December 4, 2018, by Lindsay Brooke
Technician on the run – building props for the Royal Institution Christmas lectures
He’s up to his eyes in papier mache, fabric cutting and foam boards – but he’s not giving much else away! What he is doing is under wraps until the Royal Institution Christmas Lectures are televised on the Tuesday 11, Thursday 13 and Saturday 15 December.
Tom Clayton, a technician in the School of Chemistry, normally trains researchers in state-of-the-art instrumentation in the GSK Carbon Neutral Building. For the next few days he’s building ribbons of DNA, fly suits and other scientific props after answering the call for technical support for the UK’s flagship science series and landing a placement as a runner.
He said: “It is a dream come true! I have been a fan of the series since I was a young boy and have many fond memories of watching the series. So, I feel very lucky and honoured to be part of a great tradition and excited to be working with all the talented people like Fran Scott, Alice Roberts and Aoife McLysaght.
This year biological anthropologist, author and broadcaster, Professor Alice Roberts and genetics expert Professor Aoife McLysaght and will bring our evolutionary story to life to answer the fundamental question – Who Am I?
They will take viewers on an immersive voyage through our shared evolutionary past and asking challenging ethical questions about what the future holds. And that’s where Tom will come in.
He said: “It’s all very ‘Blue Peter’ but everything is going to plan so far though later on we will be working with children and animals!

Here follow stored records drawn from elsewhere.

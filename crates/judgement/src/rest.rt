// The records of a file that are still to be judged.
ghost use Rattle.std.specs.Prelude.{◌≡◌, [], ◌∷◌, MatchResult};
ghost use Rattle.judgement.specs.Judged.{missing};

use reader::{FileFault, Placed};

// Some records of a file, how the reading of it ended, and how many bytes it has.
#[derive(Clone, Copy)]
pub struct Rest<'a> {
    pub(crate) records: &'a [Placed<'a>],
    pub(crate) ending: Result<(), FileFault>,
    pub(crate) len: usize,
}

impl<'a> Rest<'a> {
    // What is refused where a record is due and there is none.
    fn missing(&self) -> FileFault
        ensures { result ≡ missing self.now.ending self.now.len }
    {
        self.ending.err().unwrap_or(FileFault::Truncated(self.len))
    }

    // The record that is due, and the rest after it.
    pub(crate) fn next(&self) -> Result<(Placed<'a>, Rest<'a>), FileFault>
        ensures { MatchResult result (λ d. (self.now.records.now ≡ d.0 ∷ d.1.records.now) × (d.1.ending ≡ self.now.ending) × (d.1.len ≡ self.now.len)) (λ fault. (self.now.records.now ≡ []) × (fault ≡ missing self.now.ending self.now.len)) }
    {
        match self.records.split_first() {
            Some((due, records)) => Ok((*due, Rest { records, ..*self })),
            None => Err(self.missing()),
        }
    }
}
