// The judgement of a certificate in a book on 64 places of its own.
ghost use Rattle.std.specs.Prelude.{◌≡◌, map, option_copied, IfOk, Ok};
ghost use Rattle.std.specs.List.{find, range_with_len};
ghost use Rattle.reader.specs.Entries.{entry_of};
ghost use Rattle.reader.specs.Readings.{sited_of};
ghost use Rattle.sheet.specs.Runs.{AtMostVisits};
ghost use Rattle.sheet.specs.Sheets.{automaton_of};
ghost use Rattle.zone.specs.BoxCalls.{box_calls};
ghost use Rattle.zone.specs.DifferenceCalls.{difference_calls};
ghost use Rattle.book.specs.Calls.{opened, concluding};
ghost use Rattle.book.specs.Faults.{place_of};
ghost use Rattle.judgement.specs.Certifying.{node_offset, last_offset, offset_by, concluded, names_place, stands, examined_at, all_examined, certifying_from, certifying};
ghost use Rattle.judgement.specs.Nodes.{places_by};
ghost use Rattle.judgement.specs.declared.fault.CheckFault.TheVariants.{Book as book_fault};
ghost use Rattle.judgement.specs.Parts.{part_of};

use crate::certifier::Certifier;
use crate::fault::{CheckFault, at};
use crate::rest::Rest;
use book::{Book, BookFault, PLACES, Place, Question};
use reader::{Fields, FileFault, Placed};
use sheet::Sheet;
use zone::{BoxZone, DifferenceZone, Zone};

// The node record that names a place.
fn node_of<'r, 'a>(records: &'r [Placed<'a>], place: u8) -> Option<&'r Placed<'a>>
    ensures { option_copied result ≡ find (λ p. names_place place (part_of (entry_of p.«record»))) records.now }
{
    records.iter().find(|placed| names_place(placed, place))
}

// The offset of the node record that names a place.
fn node_offset(records: &[Placed<'_>], place: u8) -> usize
    ensures { result ≡ node_offset (map sited_of records.now) place }
{
    node_of(records, place).map_or(0, |placed| placed.offset)
}

// Whether a record is the node of a place.
fn names_place(placed: &Placed<'_>, sought: u8) -> bool
    ensures { result ≡ names_place sought (part_of (entry_of placed.now.«record»)) }
{
    matches!(placed.record.fields(), Fields::Node { place, .. } if place == sought)
}

// The offset of the last record, which is the file end.
fn last_offset(records: &[Placed<'_>]) -> usize
    ensures { result ≡ last_offset (map sited_of records.now) }
{
    records.last().map_or(0, |placed| placed.offset)
}

fn stands<R: Copy>(places: &[Place<R>], place: u8) -> bool
    ensures { result ≡ stands places.now place }
{
    places
        .get(usize::from(place))
        .is_some_and(|found| found.standing)
}

impl<'a, Z: Zone, Q: Question> Certifier<'a, Z, Q> {
    // Examines the node in a place, if one stands there.
    fn examine_at(&self, places: &mut [Place<Z::Row>], place: u8) -> Result<(), CheckFault>
        ensures { places_by result places.new ≡ examined_at Z.calls (Q.asks self.now.book.now.question) (automaton_of self.now.book.now.sheet) (map sited_of self.now.records.now) places.old place }
    {
        if stands(places, place) {
            at(
                node_offset(self.records, place),
                self.book.examine(places, place),
            )?;
        }
        Ok(())
    }

    // Examines every node, upward by place.
    fn examine_all(&self, places: &mut [Place<Z::Row>]) -> Result<(), CheckFault>
        ensures { places_by result places.new ≡ all_examined Z.calls (Q.asks self.now.book.now.question) (automaton_of self.now.book.now.sheet) (map sited_of self.now.records.now) places.old (range_with_len 0 64) }
    {
        // A loop: of what a closure writes to the places that it borrows, nothing would be known.
        for place in 0..PLACES as u8 {
            self.examine_at(places, place)?;
        }
        Ok(())
    }

    // A fault of the conclusion where it is: at the node that it names, or at the file end.
    fn concluding_fault(&self, fault: BookFault) -> CheckFault
        ensures { result ≡ book_fault fault (offset_by (map sited_of self.now.records.now) (place_of fault)) }
    {
        let offset = match fault.place() {
            Some(place) => node_offset(self.records, place),
            None => last_offset(self.records),
        };
        CheckFault::Book { fault, offset }
    }

    // What the book concludes, with the offset of a fault.
    fn conclude(&self, places: &[Place<Z::Row>]) -> Result<u64, CheckFault>
        ensures { result ≡ concluded (map sited_of self.now.records.now) (concluding Z.calls (Q.asks self.now.book.now.question) (automaton_of self.now.book.now.sheet) places.now) }
    {
        // A match, since with `map_err` the proof did not close.
        match self.book.conclude(places) {
            Ok(visits) => Ok(visits),
            Err(fault) => Err(self.concluding_fault(fault)),
        }
    }

    // Puts the nodes of the records, examines them upward and concludes.
    fn certify(
        &self,
        places: &mut [Place<Z::Row>],
        ending: Result<(), FileFault>,
    ) -> Result<u64, CheckFault>
        ensures { result ≡ certifying_from Z.calls (Q.asks self.now.book.now.question) (automaton_of self.now.book.now.sheet) places.old (map sited_of self.now.records.now) ending }
    {
        let latest = self.take_nodes(places)?;
        ending?;
        self.put_latest(places, latest)?;
        self.examine_all(places)?;
        self.conclude(places)
    }
}

// What a new book on these places concludes from the records of a certificate. No run of the sheet has more visits.
fn certify<Z: Zone, Q: Question>(
    sheet: Sheet,
    question: Q,
    places: &mut [Place<Z::Row>],
    nodes: &Rest<'_>,
) -> Result<u64, CheckFault>
    ensures value { result ≡ certifying_from Z.calls (Q.asks question) (automaton_of sheet) (opened Z.calls (Q.asks question) (automaton_of sheet) places.old) (map sited_of nodes.now.records.now) nodes.now.ending }
    ensures bounds { IfOk result (λ n. (nodes.now.ending ≡ Ok tt) × AtMostVisits (automaton_of sheet) n) }
{
    let book = Book::<Z, Q>::open(sheet, question, places);
    let certifier = Certifier {
        book: &book,
        records: nodes.records,
    };
    certifier.certify(places, nodes.ending)
}

// The two functions that follow are one but for the kind of zone. They stay two, since an array of 64 rows is proved to fit into memory only where the size of a row is known.

// The judgement of a certificate over difference-bound matrices.
pub(crate) fn certify_differences<Q: Question>(
    sheet: Sheet,
    question: Q,
    nodes: &Rest<'_>,
) -> Result<u64, CheckFault>
    ensures value { result ≡ certifying difference_calls (Q.asks question) (automaton_of sheet) (map sited_of nodes.now.records.now) nodes.now.ending }
    ensures bounds { IfOk result (λ n. (nodes.now.ending ≡ Ok tt) × AtMostVisits (automaton_of sheet) n) }
{
    let vacant = Place::vacant(DifferenceZone::whole(sheet.clocks()).row());
    let mut places = [vacant; PLACES];
    certify::<DifferenceZone, Q>(sheet, question, &mut places, nodes)
}

// The judgement of a certificate over boxes.
pub(crate) fn certify_boxes<Q: Question>(
    sheet: Sheet,
    question: Q,
    nodes: &Rest<'_>,
) -> Result<u64, CheckFault>
    ensures value { result ≡ certifying box_calls (Q.asks question) (automaton_of sheet) (map sited_of nodes.now.records.now) nodes.now.ending }
    ensures bounds { IfOk result (λ n. (nodes.now.ending ≡ Ok tt) × AtMostVisits (automaton_of sheet) n) }
{
    let vacant = Place::vacant(BoxZone::whole(sheet.clocks()).row());
    let mut places = [vacant; PLACES];
    certify::<BoxZone, Q>(sheet, question, &mut places, nodes)
}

Some stuff is secret though so we can’t say too much.”
The Christmas Lectures were started by Michael Faraday (who began his career as a technician at the Royal Institution) in 1825.

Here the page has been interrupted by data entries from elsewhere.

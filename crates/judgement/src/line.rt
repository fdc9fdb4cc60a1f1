// The verdict on a file, and the line that is printed for it.
ghost use Rattle.std.specs.Prelude.{◌≡◌, ℕ, ◌^◌, ◌<◌, IfOk, Some, string_bytes};
ghost use Rattle.judgement.specs.Described.{Bounds};
ghost use Rattle.judgement.specs.Judged.{judging, verdict_on, printed, Judgeable};
ghost use Rattle.judgement.specs.Lines.{line};
ghost use Rattle.judgement.specs.declared.verdict.Verdict.TheVariants.{Stands as standing};

use crate::judge::judge;
use crate::verdict::Verdict;
use std::alloc::{AllocError, Global};

// The verdict on the bytes of a file. `Err` is want of memory.
pub fn verdict_on(heap: Global, input: &[u8]) -> Result<Verdict, AllocError>
    ensures value { IfOk result (λ v. verdict_on input.now ≡ Some v) }
    ensures always { Judgeable (judging input.now) }
    ensures bounds { IfOk result (λ v. (n : ℕ) → v ≡ standing n → (n < 2 ^ 64) × Bounds input.now n) }
{
    match judge(heap, input) {
        Ok(visits) => Ok(Verdict::Stands(visits)),
        Err(fault) => Ok(Verdict::Refused(fault.refusal()?)),
    }
}

// The line that is printed for the bytes of a file. `Err` is want of memory.
pub fn verdict_line(heap: Global, input: &[u8]) -> Result<String, AllocError>
    ensures value { IfOk result (λ text. string_bytes text ≡ printed input.now) }
    ensures bounds { IfOk result (λ text. (n : ℕ) → string_bytes text ≡ line (standing n) → Bounds input.now n) }
{
    let verdict = verdict_on(heap, input)?;
    line_of(heap, verdict)
}

// A verdict as a line.
fn line_of(heap: Global, verdict: Verdict) -> Result<String, AllocError>
    ensures { IfOk result (λ text. string_bytes text ≡ line verdict) }
{
    format!(in heap; "{verdict}\n")
}
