// The judgement of the records of a file.
ghost use Rattle.std.specs.Prelude.{◌≡◌, List, map, length, IfOk, Ok};
ghost use Rattle.reader.specs.Entries.{Entry, entry_of};
ghost use Rattle.reader.specs.Readings.{sited_of};
ghost use Rattle.sheet.specs.Described.{described};
ghost use Rattle.sheet.specs.Runs.{AtMostVisits};
ghost use Rattle.sheet.specs.Sheets.{automaton_of};
ghost use Rattle.sheet.specs.Taken.{Took};
ghost use Rattle.judgement.specs.Described.{BookNamed, BookFirst, BookSecond, Bounds, BoundsIn};
ghost use Rattle.judgement.specs.Parts.{part_of};
ghost use Rattle.judgement.specs.Judged.{certified, after_sheet, from_sheet, judged, judging, Tells};

use crate::certify::{certify_boxes, certify_differences};
use crate::drafting::{drafted, sealed, sheet_length};
use crate::fault::CheckFault;
use crate::rest::Rest;
use book::{BookFault, Emptiness, Unreachability};
use reader::{FileFault, Listing, Placed, Record};
use sheet::{Draft, Sheet};
use std::alloc::Global;

// Judges a certificate after its book record, whose numbers name the kind of zone and the question.
fn certify_as(book: &Placed<'_>, sheet: Sheet, nodes: &Rest<'_>) -> Result<u64, CheckFault>
    ensures value { result ≡ certified nodes.now.ending book.now.offset (part_of (entry_of book.now.«record»)) (automaton_of sheet) (map sited_of nodes.now.records.now) }
    ensures bounds { IfOk result (λ n. BookNamed (part_of (entry_of book.now.«record»)) × (nodes.now.ending ≡ Ok tt) × AtMostVisits (automaton_of sheet) n) }
{
    match book.record {
        // The two numbers are read here alone, besides the lister, which prints them: enums for them would only move this table.
        Record::Book(&[0, 0]) => certify_differences(sheet, Unreachability, nodes),
        Record::Book(&[0, 1]) => certify_differences(sheet, Emptiness, nodes),
        Record::Book(&[1, 0]) => certify_boxes(sheet, Unreachability, nodes),
        Record::Book(&[1, 1]) => certify_boxes(sheet, Emptiness, nodes),
        Record::Book(_) => Err(CheckFault::Book {
            fault: BookFault::OutOfRange,
            offset: book.offset,
        }),
        _ => Err(CheckFault::File(FileFault::OutOfPlace(book.offset))),
    }
}

// Judges the records after the sheet end.
fn after_sheet(sheet: Sheet, rest: &Rest<'_>) -> Result<u64, CheckFault>
    ensures value { result ≡ after_sheet rest.now.ending rest.now.len (automaton_of sheet) (map sited_of rest.now.records.now) }
    ensures bounds { IfOk result (λ n. BookFirst (map sited_of rest.now.records.now) × (rest.now.ending ≡ Ok tt) × AtMostVisits (automaton_of sheet) n) }
{
    let (book, nodes) = rest.next()?;
    certify_as(&book, sheet, &nodes)
}

// Judges the records from the sheet end on, after those that a draft has taken.
fn from_sheet(draft: Draft, rest: &Rest<'_>) -> Result<u64, CheckFault>
    ensures value { (es : List Entry) → Took es draft → result ≡ from_sheet rest.now.ending rest.now.len es (map sited_of rest.now.records.now) }
    ensures bounds { (es : List Entry) → Took es draft → IfOk result (λ n. BookSecond (map sited_of rest.now.records.now) × (rest.now.ending ≡ Ok tt) × AtMostVisits (described es) n) }
{
    let (end, certificate) = rest.next()?;
    after_sheet(sealed(draft, end.offset)?, &certificate)
}

// Judges the records of a file. No run of the automaton that the sheet's records describe has more visits than the number that is given.
fn judge_records(heap: Global, all: &Rest<'_>) -> Result<u64, CheckFault>
    ensures value { Tells (judged all.now.ending all.now.len (map sited_of all.now.records.now)) result }
    ensures bounds { IfOk result (BoundsIn (map sited_of all.now.records.now) all.now.ending) }
{
    let (sheet, records) = all.records.split_at(sheet_length(all.records));
    let draft = drafted(heap, sheet)?;
    from_sheet(draft, &Rest { records, ..*all })
}

// Judges the bytes of a file.
pub(crate) fn judge(heap: Global, input: &[u8]) -> Result<u64, CheckFault>
    ensures value { Tells (judging input.now) result }
    ensures bounds { IfOk result (Bounds input.now) }
{
    let listing = Listing::of(heap, input)?;
    judge_records(
        heap,
        &Rest {
            records: listing.records.as_slice(),
            ending: listing.ending,
            len: input.len(),
        },
    )
}
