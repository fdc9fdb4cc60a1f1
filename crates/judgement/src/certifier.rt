// What takes the records of a certificate to a book.
use book::{Book, Question};
use reader::Placed;
use zone::Zone;

// A book and the records of the certificate that it judges. The places are lent to each call.
#[derive(Clone, Copy)]
pub(crate) struct Certifier<'a, Z: Zone, Q: Question> {
    pub(crate) book: &'a Book<Z, Q>,
    pub(crate) records: &'a [Placed<'a>],
}
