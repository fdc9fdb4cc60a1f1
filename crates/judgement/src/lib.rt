// The judgement of a whole certificate file: its bytes in, one line out.
#![tactic(auto)]

mod certifier;
mod certify;
mod drafting;
mod example;
mod fault;
mod judge;
mod line;
mod nodes;
mod rest;
mod verdict;

pub use example::{one_visit, one_visit_line};
pub use fault::{CheckFault, Located};
pub use line::{verdict_line, verdict_on};
pub use verdict::{Refusal, Verdict};
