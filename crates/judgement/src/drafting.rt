// The sheet of a file, from the records up to the sheet end.
ghost use Rattle.std.specs.Prelude.{◌≡◌, ◌≤◌, List, [], map, length, position};
ghost use Rattle.reader.specs.Entries.{Entry, entry_of};
ghost use Rattle.reader.specs.declared.kind.Kind.TheVariants.{SheetEnd};
ghost use Rattle.sheet.specs.Fields.{is};
ghost use Rattle.sheet.specs.Taken.{Took};
ghost use Rattle.judgement.specs.Drafting.{sheet_length, drafting, sealing, automaton_in, Drafts};
ghost use Rattle.reader.specs.Readings.{sited_of};

use crate::fault::{CheckFault, at};
use reader::{Placed, Record};
use sheet::{Draft, Sheet};
use std::alloc::Global;

// Whether a record ends the sheet.
fn ends_sheet(placed: &Placed<'_>) -> bool
    ensures { result ≡ is SheetEnd (entry_of placed.now.«record») }
{
    matches!(placed.record, Record::SheetEnd)
}

// The number of the record that ends the sheet.
fn sheet_end(records: &[Placed<'_>]) -> Option<usize>
    ensures { result ≡ position (λ p. is SheetEnd (entry_of p.«record»)) records.now }
{
    records.iter().position(ends_sheet)
}

// How many records come before the sheet end.
pub(crate) fn sheet_length(records: &[Placed<'_>]) -> usize
    ensures value { result ≡ sheet_length (map sited_of records.now) }
    ensures bound { result ≤ length records.now }
{
    sheet_end(records).unwrap_or(records.len())
}

// The draft that takes these records. A loop, since of what a closure writes to the draft nothing would be known.
pub(crate) fn drafted(heap: Global, records: &[Placed<'_>]) -> Result<Draft, CheckFault>
    ensures { Drafts (drafting [] (map sited_of records.now)) result }
{
    let mut draft = Draft::new(heap);
    for placed in records {
        at(placed.offset, draft.take(placed.record))?;
    }
    Ok(draft)
}

// The sheet of a draft, if it is ready at the sheet end, which stands at this offset.
pub(crate) fn sealed(draft: Draft, offset: usize) -> Result<Sheet, CheckFault>
    ensures { (es : List Entry) → Took es draft → automaton_in result ≡ sealing es offset }
{
    at(offset, draft.ready())?;
    Ok(draft.seal())
}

The Technician Commitment, a university and research initiative, has teamed up with the Royal Institution to offer technical colleagues at signatory universities the opportunity to work on the 2018 Christmas Lectures. It’s a unique development opportunity for technical colleagues to gain insight and experience of science communication on a high-profile stage.

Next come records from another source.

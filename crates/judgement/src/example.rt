// A certificate file to try, with the examples that are worked out for it.
ghost use Rattle.std.specs.Prelude.{◌≡◌, IfOk, string_bytes, codes};
ghost use Rattle.judgement.specs.Examples.{one_visit, WorkedExamples};
ghost use Rattle.judgement.specs.Lines.{ended_line};

use crate::line::verdict_line;
use std::alloc::{AllocError, Global};

// A sheet of two locations, of which a run visits the second at most once, with its certificate.
pub fn one_visit() -> &'static [u8; 48]
    ensures { result.now ≡ one_visit 0 1 1 }
{
    b"\x01\x01\x02\x00\x02\x01\x03\x00\x01\x01\x05\x00\x04\x00\x01\x01\
      \x05\x01\x03\x02\x00\x06\x10\x00\x01\x11\x00\x00\x01\x00\x12\x01\
      \x00\x00\x00\x00\x11\x01\x01\x01\x00\x12\x01\x00\x00\x00\x00\x1f"
}

// The line that is printed for that file. The examples are proved over the definitions that every line follows.
pub fn one_visit_line(heap: Global) -> Result<String, AllocError>
    ensures value { IfOk result (λ text. string_bytes text ≡ ended_line (codes "STANDS 1")) }
    ensures worked { WorkedExamples }
{
    verdict_line(heap, one_visit())
}
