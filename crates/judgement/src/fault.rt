// What the judgement of a file refuses, from whichever layer, with the offset of the record that is to blame.
ghost use Rattle.std.specs.Prelude.{◌≡◌, ok_or};
ghost use Rattle.judgement.specs.Faults.{located, refusal_of};
ghost use Rattle.judgement.specs.declared.fault.CheckFault.TheVariants.{File as file_fault, Sheet as sheet_fault, Book as book_fault, Memory as memory_fault};

use crate::verdict::Refusal;
use book::BookFault;
use reader::FileFault;
use sheet::SheetFault;
use std::alloc::AllocError;
use zone::ZoneFault;

// A fault of a lower layer, at the offset where it arose.
#[derive(Clone, Copy, PartialEq, Eq, Debug)]
pub struct Located<F> {
    pub fault: F,
    pub offset: usize,
}

// Adds the offset to what a lower layer answers.
pub(crate) fn at<T, F>(offset: usize, answer: Result<T, F>) -> Result<T, Located<F>>
    ensures { result ≡ located offset answer }
{
    answer.map_err(|fault| Located { fault, offset })
}

#[derive(Clone, Copy, PartialEq, Eq, Debug)]
pub enum CheckFault {
    File(FileFault),
    Sheet {
        fault: SheetFault,
        offset: usize,
    },
    // A zone refuses a bound of the node in this place.
    Bound {
        fault: ZoneFault,
        offset: usize,
        place: u8,
    },
    Book {
        fault: BookFault,
        offset: usize,
    },
    // Want of memory, which has no number.
    Memory(AllocError),
}

impl CheckFault {
    // The refusal that is printed; want of memory has none.
    pub fn refusal(self) -> Result<Refusal, AllocError>
        ensures { result ≡ ok_or (refusal_of self) (record {}) }
    {
        match self {
            CheckFault::File(fault) => Ok(Refusal {
                reason: fault.ground(),
                layer: fault.layer(),
                offset: fault.offset(),
                place: None,
                edge: None,
            }),
            CheckFault::Sheet { fault, offset } => Ok(Refusal {
                reason: fault.ground()?,
                layer: fault.layer()?,
                offset,
                place: None,
                edge: None,
            }),
            CheckFault::Bound {
                fault,
                offset,
                place,
            } => Ok(Refusal {
                reason: fault.ground(),
                layer: fault.layer(),
                offset,
                place: match fault {
                    ZoneFault::OutOfRange => None,
                    ZoneFault::NoDifferences | ZoneFault::TooWide => Some(place),
                },
                edge: None,
            }),
            CheckFault::Book { fault, offset } => Ok(Refusal {
                reason: fault.ground(),
                layer: fault.layer(),
                offset,
                place: fault.place(),
                edge: fault.edge(),
            }),
            CheckFault::Memory(error) => Err(error),
        }
    }
}

impl From<FileFault> for CheckFault {
    ghost from_gives = { λ e r. r ≡ file_fault e };

    fn from(fault: FileFault) -> CheckFault {
        CheckFault::File(fault)
    }
}

// Each layer's fault has a case of its own, and so an impl of its own.
impl From<Located<SheetFault>> for CheckFault {
    ghost from_gives = { λ e r. r ≡ sheet_fault e.fault e.offset };

    fn from(located: Located<SheetFault>) -> CheckFault {
        CheckFault::Sheet {
            fault: located.fault,
            offset: located.offset,
        }
    }
}

impl From<Located<BookFault>> for CheckFault {
    ghost from_gives = { λ e r. r ≡ book_fault e.fault e.offset };

    fn from(located: Located<BookFault>) -> CheckFault {
        CheckFault::Book {
            fault: located.fault,
            offset: located.offset,
        }
    }
}

impl From<AllocError> for CheckFault {
    ghost from_gives = { λ e r. r ≡ memory_fault e };

    fn from(error: AllocError) -> CheckFault {
        CheckFault::Memory(error)
    }
}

Tom and a fellow technician from Nottingham Trent University won places beating off stiff competition. He said: “There’s a lot to do and learn but generally we will be making props of which are many and varied – for example ribbons of DNA, billion-year long timelines, fly suits, even an egg cup for an Emu egg! Once we have made all the props we will be assisting with the filming, attending rehearsals and hopefully bringing some of our props into the theatre.”
The materials might be a little different but there are many similarities with the day job. He said: “I do some demo work for open days, setting up chemistry demos, blowing things up etc..! All technical work though requires innovation, thinking on your feet, problem solving and working with other people.
Tom is working with Fran Scott, who has the enviable job of finding new ways of bringing scientific ideas to life for the Royal Institutions audiences. As well as coming up with the ideas, she has to turn them into reality, and keep everyone safe while she does so!
The picture shows Tom next to Lucy (Australopithecus).